1. List the recent highlights of Polaroid as a business entity. Comment on its products, innovations,
competitors, investment needs, geographical presence etc.
2. Look into forecast figures in Exhibit 6; what kind of practical uncertainties you can see around the
projections. How these uncertainties could impact firm’s FCF and hence value. Try to see the
upside as well as downside of missing the projections. Which way do you think we may miss more.
3. After analyzing the uncertainties, comment on the value of option to access capital market
qualitatively. This is how we can learn about retaining flexibility by a firm.
4. Analyze debt requirements of firms facing similar circumstances as Polaroid. Reflect upon our
class discussion in the previous class.
5. Looking onto the competitors can we infer something about the existing rating of Polaroid. What
factors might have influenced bond rating of a firm.
6. Try to value the share price using DCF assuming WACC as 10% and growth of FCF after 2000 at
6%. Use FCF from Exhibit 6. Comment on the value you identified after comparing this with current
stock price in the market. Comment/reflect on the assumptions; how wild were those.

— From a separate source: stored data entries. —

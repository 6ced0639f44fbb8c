//! Each step of these kinds on a table, with the entries that it carries.
ghost use Rattle.heap_model.specs.State.{Setting};
ghost use Rattle.claim_rule.specs.Places.{size_at, word_at_page, hint_at, active_at, tag_at, lock_at};
ghost use Rattle.look_steps.specs.Denials.{MayDeny, denied, denied_left};
ghost use Rattle.claim_rule.specs.Steps.{MayGoOut};
ghost use Rattle.claim_rule.specs.Entries.{entry, IsSettingOf};
ghost use Rattle.claim_rule.specs.Plays.{Goes, number_of};
ghost use Rattle.look_steps.specs.Looks.{looked_bits, looked_size, looked_hint, looked_tag, asked_active};
ghost use Rattle.std.specs.Prelude.{◌/◌, [], ◌≡◌, ℕ, ◌+◌, ◌*◌, ◌<◌, ◌≤◌, List, ◌∷◌, Some, None, Option};
ghost use mathlib.Core.Option.{none};
ghost use Rattle.atomic_table.specs.Table.{step};
ghost use Rattle.heap_model.specs.declared.Act.TheVariants as acts;
ghost use Rattle.claim_rule.specs.Rule.{IsReady, ready_after};
ghost use Rattle.claim_rule.specs.Home.{HasSlot, slot_of, Tells};
ghost use Rattle.lock_steps.specs.Locks.{IsPaid, MayGiveBack};

use crate::plays::{
    AsksActive, Denies, DeniesGiving, DeniesLeaving, LooksBits, LooksHint, LooksSize, LooksTag,
};
use claim_rule::Carried;
use heap_model::Stands;
use step_parts::{Guards, Seating, Table, Target};

/// Reads an active word.
pub fn ask_active_as<T: Stands, B: Target, E: Carried>(
    top: &Table<T>,
    place: &mut Seating<T>,
    word: usize,
) -> u64
    requires table { (place.old.table_id ≡ top.now.table_id) × (word < top.now.table_id.words) }
    requires word { word ≡ active_at B.number }
    requires bucket { B.number < 128 }
    requires ready { IsReady (number_of place.old.me.0.role) place.old.me.0 E.entries }
    ensures table { place.new.table_id ≡ place.old.table_id }
    ensures told { asked_active E.entries B.number (step top.now.table_id.slots word 0 0 none) place.old.me result place.new.me }
{
    top.load::<AsksActive<B, E>>(place, word)
}

/// Reads a word of a bitmap without an entry.
pub fn look_bits_as<T: Stands, B: Target, E: Carried>(
    top: &Table<T>,
    place: &mut Seating<T>,
    word: usize,
) -> u64
    requires table { (place.old.table_id ≡ top.now.table_id) × (word < top.now.table_id.words) }
    requires word { word ≡ word_at_page top.now.key.limits B.head B.index }
    requires part { (B.index < 4) × (B.head < 256 * top.now.key.limits.segments) }
    requires ready { IsReady (number_of place.old.me.0.role) place.old.me.0 E.entries }
    ensures table { place.new.table_id ≡ place.old.table_id }
    ensures told { looked_bits E.entries B.head B.index (step top.now.table_id.slots word 0 0 none) place.old.me result place.new.me }
{
    top.load::<LooksBits<B, E>>(place, word)
}

/// Reads a size word without an entry.
pub fn look_size_as<T: Stands, B: Target, E: Carried>(
    top: &Table<T>,
    place: &mut Seating<T>,
    word: usize,
) -> u64
    requires table { (place.old.table_id ≡ top.now.table_id) × (word < top.now.table_id.words) }
    requires word { word ≡ size_at top.now.key.limits B.number }
    requires part { B.number / 16 < 65536 * top.now.key.limits.segments }
    requires ready { IsReady (number_of place.old.me.0.role) place.old.me.0 E.entries }
    ensures table { place.new.table_id ≡ place.old.table_id }
    ensures told { looked_size E.entries B.number (step top.now.table_id.slots word 0 0 none) place.old.me result place.new.me }
{
    top.load::<LooksSize<B, E>>(place, word)
}

/// Reads a hint without an entry.
pub fn look_hint_as<T: Stands, B: Target, E: Carried>(
    top: &Table<T>,
    place: &mut Seating<T>,
    word: usize,
) -> u64
    requires table { (place.old.table_id ≡ top.now.table_id) × (word < top.now.table_id.words) }
    requires word { word ≡ hint_at B.bucket B.slot }
    requires part { (1 ≤ B.bucket) × (B.bucket ≤ 128) × (B.slot < 16) }
    requires ready { IsReady (number_of place.old.me.0.role) place.old.me.0 E.entries }
    ensures table { place.new.table_id ≡ place.old.table_id }
    ensures told { looked_hint E.entries B.bucket B.slot (step top.now.table_id.slots word 0 0 none) place.old.me result place.new.me }
{
    top.load::<LooksHint<B, E>>(place, word)
}

/// Reads a tag.
pub fn look_tag_as<T: Stands, B: Target, E: Carried>(
    top: &Table<T>,
    place: &mut Seating<T>,
    word: usize,
) -> u64
    requires table { (place.old.table_id ≡ top.now.table_id) × (word < top.now.table_id.words) }
    requires word { word ≡ tag_at B.number }
    requires part { B.number < 256 * top.now.key.limits.segments }
    requires ready { IsReady (number_of place.old.me.0.role) place.old.me.0 E.entries }
    ensures table { place.new.table_id ≡ place.old.table_id }
    ensures told { looked_tag E.entries B.number (step top.now.table_id.slots word 0 0 none) place.old.me result place.new.me }
{
    top.load::<LooksTag<B, E>>(place, word)
}

/// Says with a load of a word that no live block has an address.
pub fn deny_as<T: Stands, B: Target, E: Carried>(
    top: &Table<T>,
    place: &mut Seating<T>,
    word: usize,
)
    requires table { (place.old.table_id ≡ top.now.table_id) × (word < top.now.table_id.words) }
    requires ready { IsReady (number_of place.old.me.0.role) place.old.me.0 E.entries }
    requires may { (s : Setting) → IsSettingOf place.old.me.0.opening place.old.me.0.roll s → MayDeny top.now.key.limits (ready_after s place.old.me.0 E.entries) (number_of place.old.me.0.role) B.number }
    ensures table { place.new.table_id ≡ place.old.table_id }
    ensures told { (r : ℕ) × denied E.entries B.number (step top.now.table_id.slots word 0 0 none) place.old.me r place.new.me }
{
    top.load::<Denies<B, E>>(place, word);
}

/// Puts the state into its slot, and gives the lock back with the word that no live block has an address.
pub fn deny_give_as<T: Stands + Drop, G: Guards, B: Target, E: Carried>(
    top: &Table<T>,
    place: &mut Seating<T>,
    word: usize,
    slot: usize,
    state: T,
)
    requires table { (place.old.table_id ≡ top.now.table_id) × (5 < top.now.table_id.words) }
    requires lock { HasSlot G.what × (word ≡ lock_at G.what) × (slot ≡ slot_of G.what) }
    requires out { (more : List (ℕ × Option T)) × (place.old.me.1 ≡ (slot_of G.what, None) ∷ more) }
    requires paid { IsPaid G.what place.old.me.0.owes }
    requires ready { IsReady (number_of place.old.me.0.role) place.old.me.0 E.entries }
    requires may { (s : Setting) → IsSettingOf place.old.me.0.opening place.old.me.0.roll s → MayGiveBack (ready_after s place.old.me.0 E.entries) (number_of place.old.me.0.role) G.what × Tells G.what place.old.me.0.opening (ready_after s place.old.me.0 E.entries).state (T.stands state) }
    requires none { (s : Setting) → IsSettingOf place.old.me.0.opening place.old.me.0.roll s → MayDeny top.now.key.limits (ready_after s place.old.me.0 E.entries) (number_of place.old.me.0.role) B.number }
    ensures table { place.new.table_id ≡ place.old.table_id }
    ensures told { Goes (number_of place.old.me.0.role) place.old.me.0 place.new.me.0 E.entries (entry (number_of place.old.me.0.role) (acts.NotLive B.number) ∷ entry (number_of place.old.me.0.role) (acts.GiveLock G.what) ∷ []) × (place.new.me.0.owes ≡ place.old.me.0.owes) }
    ensures slot { (more : List (ℕ × Option T)) → place.old.me.1 ≡ (slot_of G.what, None) ∷ more → place.new.me.1 ≡ more }
{
    let _empty = top.exchange(place, slot, Some(state));
    top.store::<DeniesGiving<G, B, E>>(place, word, 0);
}

/// Leaves with the word that no live block has an address.
pub fn deny_leave_as<T: Stands, B: Target, E: Carried>(top: &Table<T>, place: &mut Seating<T>)
    requires table { (place.old.table_id ≡ top.now.table_id) × (1 < top.now.table_id.words) }
    requires ready { IsReady (number_of place.old.me.0.role) place.old.me.0 E.entries }
    requires may { (s : Setting) → IsSettingOf place.old.me.0.opening place.old.me.0.roll s → MayGoOut (ready_after s place.old.me.0 E.entries) (number_of place.old.me.0.role) }
    requires none { (s : Setting) → IsSettingOf place.old.me.0.opening place.old.me.0.roll s → MayDeny top.now.key.limits (ready_after s place.old.me.0 E.entries) (number_of place.old.me.0.role) B.number }
    ensures table { place.new.table_id ≡ place.old.table_id }
    ensures told { (r : ℕ) × denied_left E.entries B.number (step top.now.table_id.slots 1 1 0 none) place.old.me r place.new.me }
{
    top.fetch_sub::<DeniesLeaving<B, E>>(place, 1, 1);
}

7. Use data from Exh 12, 9 and 1 to estimate market based debt/capital ratios. Using current firm
value of Polaroid, estimate the maximum/average debt capacity implied by each rating. Comment
on the current debt capacity employed by Polaroid with respect to the implied capacity for each
rating.
8. Estimate interest expenses by using pre-tax cost of debt and implied debt capacity in previous
question. Use Exh 6 figures for average EBIT of projections as normalized EBIT and downside
EBIT to calculate two different Interest coverage ratios (ICRs) for each rating. Comment on the
existing ICRs.
9. Can we now see which rating is justified for Polaroid? Comment.
10. Use Hudson Guaranty estimates to calculate WACC for each rating. Use weights as estimated in
Q. 7 above. What do we find here for justified rating of Polaroid?
11. What can we infer for the suitable capital structure by the analysis above. Should Polaroid issue
more debt or equity at this stage? What are the pros and cons of issuing any of this.